**Task item:**
The listing below holds a line with "rows) low high" and a line with "AdvanceAsks work.old rows". Reproduce those two lines exactly, plus everything between them.

== Segment start ==

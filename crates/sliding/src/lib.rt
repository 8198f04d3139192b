// The sliding extremum: that of a row over the places between two ends that only move forward. This is sliding-window aggregation by two stacks, kept in place: it
// takes one pass, whatever lies between the ends, and no memory but the row that is being filled, whose places from the low end on have no final value yet.
#![tactic(auto)]

ghost use Rattle.std.specs.Prelude.{◌≡◌, ◌+◌, ◌*◌, ◌-◌, ◌≤◌, length};
ghost use Rattle.lists.specs.Fold.{fold};
ghost use Rattle.logic.specs.Reading.{margin_extreme};
ghost use Rattle.rows.specs.Cells.{cell, Above};
ghost use Rattle.sliding.specs.Run.{over, at_start, sliding_over, next_cut, suffixed};
ghost use Rattle.sliding.specs.Asks.{AdvanceAsks};

use logic::Extremum;

// The run of places between the ends is parted at `cut`. In the row that is being filled, each place of the run before `cut` holds the extremum from itself up to
// `cut`; `tail` is the one from `cut` up to `high`, and `value` that over the whole run.
#[derive(Clone, Copy)]
pub struct SlidingExtremum {
    pub cut: usize,
    pub high: usize,
    pub tail: i64,
    pub value: i64,
}

// Before the first place.
pub fn start(e: Extremum) -> SlidingExtremum
    ensures { result ≡ at_start e }
{
    let nothing = points::over_nothing(e);
    SlidingExtremum {
        cut: 0,
        high: 0,
        tail: nothing,
        value: nothing,
    }
}

// `tail` joined with a row's values at the places from `from` up to, not including, `high`.
fn joined_on(
    rows: usize,
    e: Extremum,
    cells: &[i64],
    source: usize,
    tail: i64,
    from: usize,
    high: usize,
) -> i64
    requires { source * rows + high ≤ length cells.now }
    ensures { result ≡ fold (margin_extreme e) tail (λ m. cell cells.now rows source (from + m)) (high - from) }
{
    let mut joined = tail;
    for j in from..high {
        joined = points::extreme(e, joined, rows::cell_at(rows, cells, source, j));
    }
    joined
}

// From the last place down, each place from `low` up to `high` gets the extremum from itself up to `high`. The one from `low` on is returned.
fn fill_suffixes(
    rows: usize,
    e: Extremum,
    work: &mut [i64],
    source: usize,
    row: usize,
    low: usize,
    high: usize,
) -> i64
    requires { Above work.old rows source row × (high ≤ rows) }
    ensures value { result ≡ over e (cell work.old rows source) low high }
    ensures work_after { work.new ≡ suffixed e (cell work.old rows source) (row * rows) low high work.old }
{
    let base = row * rows;
    let mut suffix = points::over_nothing(e);
    for j in (low..high).rev() {
        suffix = points::extreme(e, suffix, rows::cell_at(rows, work, source, j));
        work[base + j] = suffix;
    }
    suffix
}

// The ends move on to `low` and `high`. Where `low` has come to `cut`, the places up to `high` get their extrema: so each place gets one at most once.
pub fn advanced(
    rows: usize,
    e: Extremum,
    work: &mut [i64],
    source: usize,
    row: usize,
    s: SlidingExtremum,
    low: usize,
    high: usize,
) -> SlidingExtremum
    requires { AdvanceAsks work.old rows source row e s low high }
    ensures value { result ≡ sliding_over e (cell work.old rows source) low (next_cut s.cut low high) high }
    ensures work_after { work.new ≡ suffixed e (cell work.old rows source) (row * rows) low (next_cut s.cut low high) work.old }
{
    if low < s.cut {
        let tail = joined_on(rows, e, work, source, s.tail, s.high, high);
        let value = points::extreme(e, rows::cell_at(rows, work, row, low), tail);
        return SlidingExtremum {
            high,
            tail,
            value,
            ..s
        };
    }
    let value = fill_suffixes(rows, e, work, source, row, low, high);
    SlidingExtremum {
        cut: high,
        high,
        tail: points::over_nothing(e),
        value,
    }
}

== Segment end ==

**Output for this task:**
    ensures work_after { work.new ≡ suffixed e (cell work.old rows source) (row * rows) low high work.old }
{
    let base = row * rows;
    let mut suffix = points::over_nothing(e);
    for j in (low..high).rev() {
        suffix = points::extreme(e, suffix, rows::cell_at(rows, work, source, j));
        work[base + j] = suffix;
    }
    suffix
}

// The ends move on to `low` and `high`. Where `low` has come to `cut`, the places up to `high` get their extrema: so each place gets one at most once.
pub fn advanced(
    rows: usize,
    e: Extremum,
    work: &mut [i64],
    source: usize,
    row: usize,
    s: SlidingExtremum,
    low: usize,
    high: usize,
) -> SlidingExtremum
    requires { AdvanceAsks work.old rows source row e s low high }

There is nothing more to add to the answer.